§ **WHAT YOU NEED TO DO**: Report each line of the entries that contains the word "Scalar", copied in full.

§ **SUPPLIED MATERIAL**:

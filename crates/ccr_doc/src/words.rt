// The words of a text.
ghost use Rattle.std.specs.Prelude.{◌≡◌, ◌<◌, ◌∷◌, [], length, IfOk, IfSome, MatchOption};
ghost use Rattle.std.specs.List.{list_any, position_or_len, prefix_len};
ghost use Rattle.std.specs.Str.{str_to_ascii_lowercase, bytes_eq};
ghost use Rattle.ccr_doc.specs.Words.{is_word_byte as is_word_byte_of, runs_of, tokens_of, have_common_token};

use crate::texts::Token;
use std::alloc::{AllocError, Global};

/// The tokens of a text, in its order: the longest runs of ASCII letters, ASCII digits and characters
/// past ASCII, with ASCII letters in lower case.
pub fn tokens(alloc: Global, text: &str) -> Result<Vec<Token>, AllocError>
    ensures { IfOk result (λ found. found.items ≡ tokens_of text.now) }
{
    let mut found = Vec::new(alloc);
    let mut rest = text.as_bytes();
    while let Some((word, after)) = first_word(rest) {
        found.push(Token::lowered(alloc, word)?)?;
        rest = after;
    }
    Ok(found)
}

/// Whether the two texts have a token in common. Takes no memory, and time by the product of their
/// lengths.
pub fn shares_token(left: &str, right: &str) -> bool
    ensures { result ≡ have_common_token left.now right.now }
{
    let mut rest = left.as_bytes();
    while let Some((word, after)) = first_word(rest) {
        if has_word(right.as_bytes(), word) {
            return true;
        }
        rest = after;
    }
    false
}

fn is_word_byte(byte: u8) -> bool
    ensures { result ≡ is_word_byte_of byte }
{
    byte.is_ascii_alphanumeric() || byte >= 128
}

// How many bytes stand before the first word.
fn word_start(text: &[u8]) -> usize
    ensures { result ≡ position_or_len is_word_byte_of text.now }
{
    text.iter().take_while(|byte| !is_word_byte(**byte)).count()
}

// How long the word is that the text begins with.
fn word_len(text: &[u8]) -> usize
    ensures { result ≡ prefix_len is_word_byte_of text.now }
{
    text.iter().take_while(|byte| is_word_byte(**byte)).count()
}

// The first longest run of the bytes of words, and what follows it.
fn first_word(text: &[u8]) -> Option<(&[u8], &[u8])>
    ensures first { MatchOption result (runs_of is_word_byte_of text.now ≡ [])
        (λ cut. runs_of is_word_byte_of text.now
        ≡ cut.0.now ∷ runs_of is_word_byte_of cut.1.now) }
    ensures shorter { IfSome result (λ cut. length cut.1.now < length text.now) }
{
    let start = word_start(text);
    if start >= text.len() {
        return None;
    }
    let (_, from) = text.split_at(start);
    let len = word_len(from);
    Some(from.split_at(len))
}

// Whether a word of the text is the given one but for the case of ASCII letters.
fn has_word(text: &[u8], word: &[u8]) -> bool
    ensures { result ≡ list_any (bytes_eq (str_to_ascii_lowercase word.now)) (tokens_of text.now) }
{
    let mut rest = text;
    while let Some((other, after)) = first_word(rest) {
        if word.eq_ignore_ascii_case(other) {
            return true;
        }
        rest = after;
    }
    false
}
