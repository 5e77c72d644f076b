// Words of a text as they are compared.
ghost use Rattle.std.specs.Prelude.{◌≡◌, IfOk};

use std::alloc::{AllocError, Global};
use std::marker::Model;

/// A word of a text: ASCII letters in lower case, ASCII digits and characters past ASCII.
#[derive(Debug, Drop)]
pub struct Token {
    bytes: Vec<u8>,
}

impl Model for Token {
    ghost use Rattle.std.specs.Prelude.{ℕ, List};

    ghost Value = { List ℕ };

    ghost view = { λ a. a.bytes.items };
}

impl Token {
    ghost use Rattle.std.specs.Str.{str_to_ascii_lowercase};

    /// The word with its ASCII letters in lower case.
    pub(crate) fn lowered(alloc: Global, word: &[u8]) -> Result<Token, AllocError>
        ensures { IfOk result (λ token. token ≡ str_to_ascii_lowercase word.now) }
    {
        let bytes = word
            .iter()
            .map(|byte| byte.to_ascii_lowercase())
            .collect(alloc)?;
        Ok(Token { bytes })
    }

    /// The token's text in UTF-8.
    pub fn as_bytes(&self) -> &[u8]
        ensures { result.now ≡ self.now }
    {
        self.bytes.as_slice()
    }

    pub fn copy(&self, alloc: Global) -> Result<Token, AllocError>
        ensures { IfOk result (λ other. other ≡ self.now) }
    {
        let bytes = Vec::from_slice(alloc, self.as_bytes())?;
        Ok(Token { bytes })
    }
}
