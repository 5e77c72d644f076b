// A source as the list of its fields.
ghost use Rattle.std.specs.Prelude.{◌≡◌, ◌≢◌, ◌++◌, ◌∷◌, [], IfOk, IfErr, OnOk};
ghost use Rattle.serde_json.specs.View.{view, items_view, members_view};
ghost use Rattle.ccr_doc.specs.Fields.{field_at, fields_at, items_fields, members_fields};

use crate::scalars::Scalar;
use crate::sources::{BadSource, read_source};
use ccr_op::Name;
use serde_json::{Map, Value};
use std::alloc::{AllocError, Global};
use std::marker::Model;
use std::sync::ArcStr;

/// One value of a source at its dotted name: `{"a":{"b":1}}` has the value 1 at `a.b`.
#[derive(Debug, Drop)]
pub struct Field {
    pub name: Name,
    pub value: Scalar,
}

/// What a source says: its fields in the order of the source, members in ascending order of their names.
/// A name stands as often as it has values.
#[derive(Debug, Drop)]
pub struct Doc {
    fields: Vec<Field>,
}

impl Model for Doc {
    ghost use Rattle.std.specs.Prelude.{List};
    ghost use Rattle.ccr_doc.specs.declared.documents.Field.{Field};

    ghost Value = { List Field };

    ghost view = { λ a. a.fields.items };
}

impl Doc {
    ghost use Rattle.ccr_doc.specs.Sources.{document_of};

    /// Reads a source, or says the first cause for which it is refused. Takes time by its length.
    pub fn read(alloc: Global, from: &[u8]) -> Result<Doc, BadSource>
        ensures ok { IfOk result (λ doc. document_of from.now ≡ Ok doc) }
        ensures err { IfErr result (λ e. e ≢ BadSource.Memory → document_of from.now ≡ Err e) }
    {
        let (value, _) = read_source(alloc, from)?;
        let mut fields = Vec::new(alloc);
        if let Some(members) = value.as_object() {
            add_members(alloc, "", members, &mut fields)?;
        }
        Ok(Doc { fields })
    }

    pub fn fields(&self) -> &[Field]
        ensures { result.now ≡ self.now }
    {
        self.fields.as_slice()
    }
}

fn add_field(
    alloc: Global,
    name: &str,
    value: Scalar,
    fields: &mut Vec<Field>,
) -> Result<(), AllocError>
    ensures { OnOk result (fields.new.items ≡ fields.old.items ++ field_at name.now value ∷ []) }
{
    let name = Name::new(ArcStr::from_str(alloc, name)?);
    fields.push(Field { name, value })?;
    Ok(())
}

#[cycle(fields)]
#[tactic(auto, using(crate::proofs::Walks::items_view_drop))]
fn add_fields(
    alloc: Global,
    name: &str,
    value: &Value,
    fields: &mut Vec<Field>,
) -> Result<(), AllocError>
    ensures { OnOk result (fields.new.items
        ≡ fields.old.items ++ fields_at name.now (view value.now)) }
{
    match value {
        Value::Null => Ok(()),
        Value::Bool(truth) => add_field(alloc, name, Scalar::Truth(*truth), fields),
        Value::Number(number) => match number.as_i64() {
            Some(whole) => add_field(alloc, name, Scalar::Number(whole), fields),
            None => Ok(()),
        },
        Value::String(text) => {
            let text = Name::new(ArcStr::from_str(alloc, text.as_str())?);
            add_field(alloc, name, Scalar::Text(text), fields)
        }
        Value::Array(items) => add_items(alloc, name, items, fields),
        Value::Object(members) => {
            let mut prefix = String::from_str(alloc, name)?;
            prefix.push('.')?;
            add_members(alloc, prefix.as_str(), members, fields)
        }
    }
}

#[cycle(fields)]
#[tactic(auto, using(crate::proofs::Walks::items_view_drop))]
fn add_items(
    alloc: Global,
    name: &str,
    items: &Vec<Value>,
    fields: &mut Vec<Field>,
) -> Result<(), AllocError>
    ensures { OnOk result (fields.new.items
        ≡ fields.old.items ++ items_fields name.now (items_view items.now.items)) }
{
    for item in items {
        add_fields(alloc, name, item, fields)?;
    }
    Ok(())
}

#[cycle(fields)]
#[tactic(auto, using(crate::proofs::Walks::items_view_drop))]
fn add_members(
    alloc: Global,
    prefix: &str,
    members: &Map<String, Value>,
    fields: &mut Vec<Field>,
) -> Result<(), AllocError>
    ensures { OnOk result (fields.new.items
        ≡ fields.old.items ++ members_fields prefix.now (members_view members.now.entries)) }
{
    for (key, member) in members.iter() {
        let mut name = String::from_str(alloc, prefix)?;
        name.push_str(key.as_str())?;
        add_fields(alloc, name.as_str(), member, fields)?;
    }
    Ok(())
}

§ **TASK ANSWER**:
use crate::scalars::Scalar;
    pub value: Scalar,
    value: Scalar,
        Value::Bool(truth) => add_field(alloc, name, Scalar::Truth(*truth), fields),
            Some(whole) => add_field(alloc, name, Scalar::Number(whole), fields),
            add_field(alloc, name, Scalar::Text(text), fields)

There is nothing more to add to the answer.